Deep Uncertainty-Based Explore for Index Construction and Retrieval in Recommendation System
Xin Jiang, Kaiqiang Wang, Yinlong Wang, Fengchang Lv, Taiyang Peng, Shuai Yang, Xianteng Wu, Pengye Zhang, Shuo Yuan, Yifan Zeng
TL;DR
Uncertainty-aware exploration is introduced in deep index construction and retrieval for recommendation systems. The method UICR adds uncertainty modeling to both index construction (UN-Index) and retrieval (UN-Retrieval) via a multi-task framework (UN-Model) that predicts both relevance scores and uncertainties for item-to-item and user-to-item pairs. The approach uses variance-weighted distances in the index and a variance-weighted beam search to fuse scores with uncertainty, improving novelty while maintaining recall.
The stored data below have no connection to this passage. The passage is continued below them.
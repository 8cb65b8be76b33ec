//! How far apart the levels of learned clauses lie, by which a search begins anew.

ghost use Rattle.std.specs.Prelude.{Contains};
ghost use Rattle.plain_lits.specs.declared.lit.Lit.{Lit};
ghost use Rattle.plain_lits.specs.Literals.{negation};

use lists::Memory;
use plain_lits::Lit;
use std::alloc::Global;
use unit_propagate::Propagator;

/// More levels than that are told as so many.
const MOST_LEVELS: usize = 1_000_000;

/// One in the averages.
const ONE: u64 = 1 << 20;

/// Averages of how many levels the learned clauses had, each weighted by how late it came: `short` over some 32 of
/// them, `long` over some 4,096. Where the short one is well above the long one, a search has come to where little is
/// to be learned (Audemard and Simon, Refining restarts strategies for SAT and UNSAT, 2012; Biere and Fröhlich,
/// Evaluating CDCL restart schemes, 2015). Both begin at none, so that a young search begins anew often.
#[derive(Clone, Copy)]
pub struct Pace {
    short: u64,
    long: u64,
}

impl Pace {
    /// No clause yet.
    pub fn new() -> Pace {
        Pace { short: 0, long: 0 }
    }

    /// A clause with so many levels was learned.
    pub fn note(&mut self, levels: u32) {
        let levels = (levels as u64).saturating_mul(ONE);
        self.short = self
            .short
            .saturating_sub(self.short / 32)
            .saturating_add(levels / 32);
        self.long = self
            .long
            .saturating_sub(self.long / 4096)
            .saturating_add(levels / 4096);
    }

    /// Whether the last clauses had more levels than the others by a ninth.
    pub fn is_slow(&self) -> bool {
        self.short / 10 * 9 >= self.long
    }
}

/// On how many levels above the second one the literals of a false clause lie (its literal block distance).
pub fn levels_of(alloc: Global, search: &Propagator, clause: &[Lit]) -> Result<u32, Memory>
    requires { (l : Lit) → Contains clause.now l → Contains search.now.lits (negation l) }
{
    let mut levels = Vec::new(alloc);
    for lit in clause {
        let index = search.position(!*lit);
        let level = search.starts().partition_point(|start| *start <= index);
        if level > 2 {
            levels.push(level)?;
        }
    }
    levels.sort_unstable();
    levels.dedup();
    Ok(levels.len().min(MOST_LEVELS) as u32)
}
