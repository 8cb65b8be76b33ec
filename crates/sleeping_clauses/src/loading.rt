//! A propagator that is built anew from some steps of a log.

ghost use Rattle.std.specs.Prelude.{◌≡◌, ℕ, List, [], ◌∷◌, ◌++◌, Contains, IfOk, OnOk};
ghost use Rattle.hinted_log.specs.Logs.{Step, IsStepOf};
ghost use Rattle.sleeping_clauses.specs.declared.sleepers.Sleeper.{Sleeper};
ghost use Rattle.sleeping_clauses.specs.Sleeping.{AreSleepers, AreLoaded};

use crate::sleepers::{Sleeper, levels_at, sleeper_of};
use hinted_log::Log;
use lists::Memory;
use plain_lits::{Lit, PackedLit, StepId};
use std::alloc::Global;
use unit_propagate::Propagator;

/// A propagator with the steps that its clauses are, their numbers of levels, and the steps that sleep.
#[derive(Drop)]
pub struct Loaded {
    pub search: Propagator,
    pub awake: Vec<StepId>,
    pub levels: Vec<u32>,
    pub asleep: Vec<Sleeper>,
}

/// The literals of a clause.
pub fn unpacked(alloc: Global, clause: &[PackedLit]) -> Result<Vec<Lit>, Memory>
    ensures { IfOk result (λ lits. lits.items ≡ clause.now) }
{
    let mut lits = Vec::new(alloc);
    for packed in clause {
        lits.push(packed.lit())?;
    }
    Ok(lits)
}

/// Notes the number of levels of a clause that is about to come.
pub fn push_levels(levels: &mut Vec<u32>, number: u32) -> Result<(), Memory> {
    levels.push(number)?;
    Ok(())
}

impl Loaded {
    /// No clause, and the steps that sleep already.
    fn open(alloc: Global, asleep: &[Sleeper]) -> Result<Loaded, Memory>
        ensures { IfOk result (λ loaded. (steps : List Step) → AreSleepers steps asleep.now
            → AreLoaded loaded asleep.now [] steps) }
    {
        let search = Propagator::open(alloc)?;
        let asleep = Vec::from_slice(alloc, asleep)?;
        Ok(Loaded {
            search,
            awake: Vec::new(alloc),
            levels: Vec::new(alloc),
            asleep,
        })
    }

    /// Adds the clause of a step.
    fn admit(&mut self, alloc: Global, log: &Log, step: StepId, levels: u32) -> Result<(), Memory>
        requires { IsStepOf log.now.steps step }
        ensures { OnOk result ((asleep : List Sleeper) (done : List ℕ) → AreLoaded self.old asleep done log.now.steps
            → AreLoaded self.new asleep (done ++ step ∷ []) log.now.steps) }
    {
        let lits = unpacked(alloc, log.clause(step))?;
        self.awake.reserve(1)?;
        push_levels(&mut self.levels, levels)?;
        let _ = self.search.add(&lits)?;
        let _ = self.awake.push(step);
        Ok(())
    }

    /// Has a step sleep, where it may and is derived, or adds its clause.
    fn place(
        &mut self,
        alloc: Global,
        log: &Log,
        counts: &[u32],
        step: StepId,
        levels: u32,
        sleeps: bool,
    ) -> Result<(), Memory>
        requires { IsStepOf log.now.steps step }
        ensures { OnOk result ((asleep : List Sleeper) (done : List ℕ) → AreLoaded self.old asleep done log.now.steps
            → AreLoaded self.new asleep (done ++ step ∷ []) log.now.steps) }
    {
        if !sleeps {
            return self.admit(alloc, log, step, levels);
        }
        match sleeper_of(log, counts, step) {
            Some(sleeper) => {
                self.asleep.push(sleeper)?;
                Ok(())
            }
            None => self.admit(alloc, log, step, levels),
        }
    }
}

/// A propagator with the steps of a list, but for those that fall asleep: derived ones with so many levels.
pub fn load(
    alloc: Global,
    log: &Log,
    awake: &[StepId],
    levels: &[u32],
    asleep: &[Sleeper],
    counts: &[u32],
    bar: u32,
) -> Result<Loaded, Memory>
    requires steps { (number : ℕ) → Contains awake.now number → IsStepOf log.now.steps number }
    requires asleep { AreSleepers log.now.steps asleep.now }
    ensures { IfOk result (λ loaded. AreLoaded loaded asleep.now awake.now log.now.steps) }
{
    let mut loaded = Loaded::open(alloc, asleep)?;
    for index in 0..awake.len() {
        let levels = levels_at(levels, index);
        loaded.place(alloc, log, counts, awake[index], levels, levels >= bar)?;
    }
    Ok(loaded)
}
Experiments on public datasets and Shopee production data show improved Recall@N and novelty metrics, with online A/B showing revenue and CTR gains in display advertising. The work demonstrates a practical path to balancing immediate relevance and long-term exploration in industrial-scale recommender systems.
Abstract
In recommendation systems, the relevance and novelty of the final results are selected through a cascade system of Matching -> Ranking -> Strategy. The matching model serves as the starting point of the pipeline and determines the upper bound of the subsequent stages. Balancing the relevance and novelty of matching results is a crucial step in the design and optimization of recommendation systems, contributing significantly to improving recommendation quality. However, the typical matching algorithms have not simultaneously addressed the relevance and novelty perfectly. One main reason is that deep matching algorithms exhibit significant uncertainty when estimating items in the long tail (e.g., due to insufficient training samples) items.The uncertainty not only affects the training of the models but also influences the confidence in the index construction and beam search retrieval process of these models. This paper proposes the UICR (Uncertainty-based explore for Index Construction and Retrieval) algorithm, which introduces the concept of uncertainty modeling in the matching stage and achieves multi-task modeling of model uncertainty and index uncertainty. The final matching results are obtained by combining the relevance score and uncertainty score infered by the model. Experimental results demonstrate that the UICR improves novelty without sacrificing relevance on realworld industrial productive environments and multiple open-source datasets. Remarkably, online A/B test results of display advertising in Shopee demonstrates the effectiveness of the proposed algorithm.